Search code examples
kernelmacos-sierrametal

Metal Shading Language - buffer binding


I want to have particles that will increase at time. I got advice that set the buffer value higher so that I can play around with the amount of the particles. what I am thinking is I will have a maximum count size set to the buffer, then in shader, I will have a struct with array to take the particles attribute.

I have this in my swift:

var vectMaxCount = 10
var metalvects = [float3(0.0,0.0,0.0),float3(1.0,0.0,0.0),float3(2.0,0.0,0.0)]
var vectBuffer: MTLBuffer!

Then I register the buffer:

vectBuffer  = device!.makeBuffer(length: MemoryLayout<float3>.size * vectMaxCount, options: [])

and update the buffer accordingly:

...
command_encoder.setBuffer(vectBuffer, offset: 0, at: 2)
var bufferPointer = vectBuffer.contents()
memcpy(bufferPointer, &metalvects, MemoryLayout<float3>.size * vectMaxCount)

let threadGroupCount = MTLSizeMake(8, 8, 1)
let threadGroups = MTLSizeMake(drawable.texture.width / threadGroupCount.width, drawable.texture.height / threadGroupCount.height, 1)
command_encoder.dispatchThreadgroups(threadGroups, threadsPerThreadgroup: threadGroupCount)
command_encoder.endEncoding()
command_buffer.present(drawable)
command_buffer.commit()

and try to get it from metal file:

struct Vects
{
    float3 position[100];
};

kernel void compute(texture2d<float, access::write> output [[texture(0)]],
                    constant Vects &vects [[buffer(2)]],
                    uint2 gid [[thread_position_in_grid]]) {
...
}

and I got an error:

validateComputeFunctionArguments:727: failed assertion `(length - offset)(160) must be >= 1600 at buffer binding at index 2 for vects[0].'

It is indicated the line command_encoder.dispatchThreadgroups(threadGroups, threadsPerThreadgroup: threadGroupCount) give me error. I read a bit about buffer binding and I think is the way I send the threadGroupCounts or ThreadGroup that give me issue.

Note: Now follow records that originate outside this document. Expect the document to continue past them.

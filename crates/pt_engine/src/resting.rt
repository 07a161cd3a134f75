//! How long an engine may rest.

ghost use Rattle.std.specs.Prelude.{◌≡◌, ◌+◌, ◌<◌, [], ℕ, IfSome, Some, slice_index_or, true};
ghost use Rattle.pt_engine.specs.Idle.{AreIdleUntil, IsIdleUntil};

use pt_links::Pipe;
use pt_tags::Reading;
use pt_turn::Platform;

/// Whether no pipe has a message.
pub fn are_empty(pipes: &[Pipe]) -> bool
    ensures { result ≡ true → (l : ℕ) → slice_index_or pipes.now l [] ≡ [] }
{
    for l in 0..pipes.len() {
        if pipes[l].peek().is_some() {
            return false;
        }
    }
    true
}

/// The reading, in microseconds, before which nothing can happen on a platform unless a result or a message comes: its next
/// one, or the greatest number if it is closed. `None` if a message is still to be sent.
fn idle_until(platform: &Platform) -> Option<Reading>
    ensures { IfSome result (λ until. IsIdleUntil until platform.now) }
{
    if !platform.sent_all() {
        return None;
    }
    match platform.next_reading() {
        Some(next) => Some(next),
        None => Some(Reading::MAX),
    }
}

/// For how many microseconds after its last turn nothing can happen on a platform unless a result or a message comes. 0 if it
/// made no turn, or if a message is still to be sent.
///
/// If the last turn was at 500 and the next row is seen at 2,500, these are 2,000.
pub fn idle_time(platform: &Platform) -> u64
    ensures { 0 < result → (r : ℕ) → platform.now.reading ≡ Some r →
        IsIdleUntil (r + result) platform.now }
{
    let Some(reading) = platform.reading() else {
        return 0;
    };
    let Some(until) = idle_until(platform) else {
        return 0;
    };
    until.saturating_sub(reading)
}

/// The reading, in microseconds, before which nothing can happen on any platform: the least next reading of those that aren't
/// closed. `None` if a claim is open, or if a message is to be sent or under way.
pub fn all_idle_until(platforms: &[Platform], pipes: &[Pipe]) -> Option<Reading>
    ensures { IfSome result (λ until. AreIdleUntil until platforms.now pipes.now) }
{
    if !are_empty(pipes) {
        return None;
    }
    let mut least = Reading::MAX;
    for i in 0..platforms.len() {
        let platform = &platforms[i];
        if platform.open_claims() != 0 {
            return None;
        }
        least = least.min(idle_until(platform)?);
    }
    Some(least)
}
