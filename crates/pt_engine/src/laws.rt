//! Theorems on visits by an engine that owns all platforms.

ghost use Rattle.pt_engine.specs.MoreShown.{ShownGrows};
ghost use Rattle.pt_engine.specs.Showing.{MayComeTo, StartShows, VisitShows};

/// Platforms just opened, empty pipes and no pending results represent the start.
pub fn start_shows()
    ensures { StartShows }
{}

/// A platform may take the messages that are on their way to it.
pub fn may_come()
    ensures { MayComeTo }
{}

/// A visit by an engine, at any reading and with any number of claims, is a visit by the definitions, even if a message was
/// late; if none was, the platforms, pipes and pending results represent what is after it.
pub fn visit_shows()
    ensures { VisitShows }
{}

/// What represents all platforms still does, over the rows with one more that arrived on its platform.
pub fn shown_grows()
    ensures { ShownGrows }
{}
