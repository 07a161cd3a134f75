//! All platforms of a plan, owned by one engine: what the platforms, the pipes and the pending results represent between two
//! visits, and what a visit does to it.
//!
//! Read first: `specs/Shown.antt`, then `specs/Showing.antt`.
#![tactic(auto)]

mod asking;
mod laws;
mod resting;
mod rests;
mod rounds;
mod starting;

pub use asking::{are_finished, first_fault, was_quiet};
pub use laws::{may_come, shown_grows, start_shows, visit_shows};
pub use resting::{all_idle_until, are_empty, idle_time};
pub use rests::{Rests, SPARE};
pub use rounds::{CLAIMS_A_TURN, ClockedRounds, Rounds};
pub use starting::{no_results, pipes};
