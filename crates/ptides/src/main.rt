//! The program `ptides`: runs the command of its command line in the current folder.
//!
//! It makes the blocks that the program ships, and runs the command by `run` of pt_program. The program ends with its status.
#![tactic(auto)]

ghost use Rattle.std.specs.Prelude.{◌≡◌, pos};
ghost use Rattle.pt_semantics.specs.Laws.{law_value};
ghost use Rattle.pt_types.specs.declared.kind.Law.TheVariants.{Weighted};

use pt_blocks::{Function, clip100, dead5, greatest, least, shipped_blocks};
use pt_program::{NO_MEMORY, run};
use pt_types::Law;
use std::process::ExitCode;

/// The mean of both, rounded toward zero.
fn mean(a: i64, b: i64) -> i64
    ensures { result ≡ law_value (Weighted (pos 1) (pos 2)) a b }
{
    pt_actors::law_value(&Law::Weighted { num: 1, den: 2 }, a, b)
}

fn main(rt: HostRuntime) -> ExitCode {
    let middle = Law::Middle {
        low: -100,
        high: 100,
    };
    let blocks = shipped_blocks(
        rt.alloc(),
        Function::new(least, Law::Least),
        Function::new(greatest, Law::Greatest),
        Function::new(clip100, middle),
        Function::new(dead5, Law::Deadband { width: 5 }),
        Function::new(mean, Law::Weighted { num: 1, den: 2 }),
    );
    let Ok(mut blocks) = blocks else {
        return ExitCode::from(NO_MEMORY);
    };
    ExitCode::from(run(&rt, &rt, &mut blocks))
}
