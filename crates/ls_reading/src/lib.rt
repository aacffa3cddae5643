//! What is read over a board: a look at its world, by calls that change nothing.
#![tactic(auto)]

mod file;

pub use file::read_file;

If I change float3 position[100]; to float3 position[7];, it still work. Anything more then 7 will get the similar error.

How can I resolve this?

And is there a good formula to estimate threadGroups and threadGroupCount? Even rule of thumb to do that?

Update01

Based on Ken Thomases's answer, I change my code to:

swift:

vectBuffer  = device!.makeBuffer(length: MemoryLayout<float3>.stride * metalvects.count, options: [])
...
memcpy(bufferPointer, &metalvects, MemoryLayout<float3>.stride * metalvects.count)
...

metal:

struct Vects
{
    float3 position[3];
};
...

It does work for now. But how can I allocate higher buffer memory that yet to be used later in the app like this post mentioned?


Solution

  • There are multiple issues here.

    You are defining Vects with a specific size. That allows Metal to check if the size of the buffer at index 2 is big enough to match the size of your vects variable. It is complaining because it isn't big enough. (It wouldn't be able to do this check if vects were declared as constant float3 *vects [[buffer(2)]], for example.)

    Second, the size of your buffer — MemoryLayout<float3>.size * vectMaxCount — is incorrect. It fails to take into account the alignment of float3 and therefore the padding that exists between elements in your [float3] array. As noted in the documentation for MemoryLayout, you should always use stride, not size, when calculating allocation sizes.

    This is why the failure happens when Vects::position is 8 or more elements long. You would expect it to start at 11 elements because vectMaxCount is 10, but your buffer is shorter than an array of vectMaxCount float3s. To be specific, your buffer is 10 * 12 == 120 bytes long. The stride of float3 is 16 and 120 / 16 == 7.5.

    If you switch from size to stride when allocating your buffer and change the element count of Vects::position to 10 to match vectMaxCount, then you'll get past this immediate issue. However, there are additional problems lurking.

    Your compute function as it currently stands doesn't know how many elements of vects.position are actually filled. You need to pass in the actual count of elements.

    This line:

    memcpy(bufferPointer, &metalvects, MemoryLayout<float3>.size * vectMaxCount)
    

    is incorrect (even after replacing size with stride). It reads past the end of metalvects. That's because the number of elements in metalvects is less than vectMaxCount. You should use metalvects.count instead of vectMaxCount.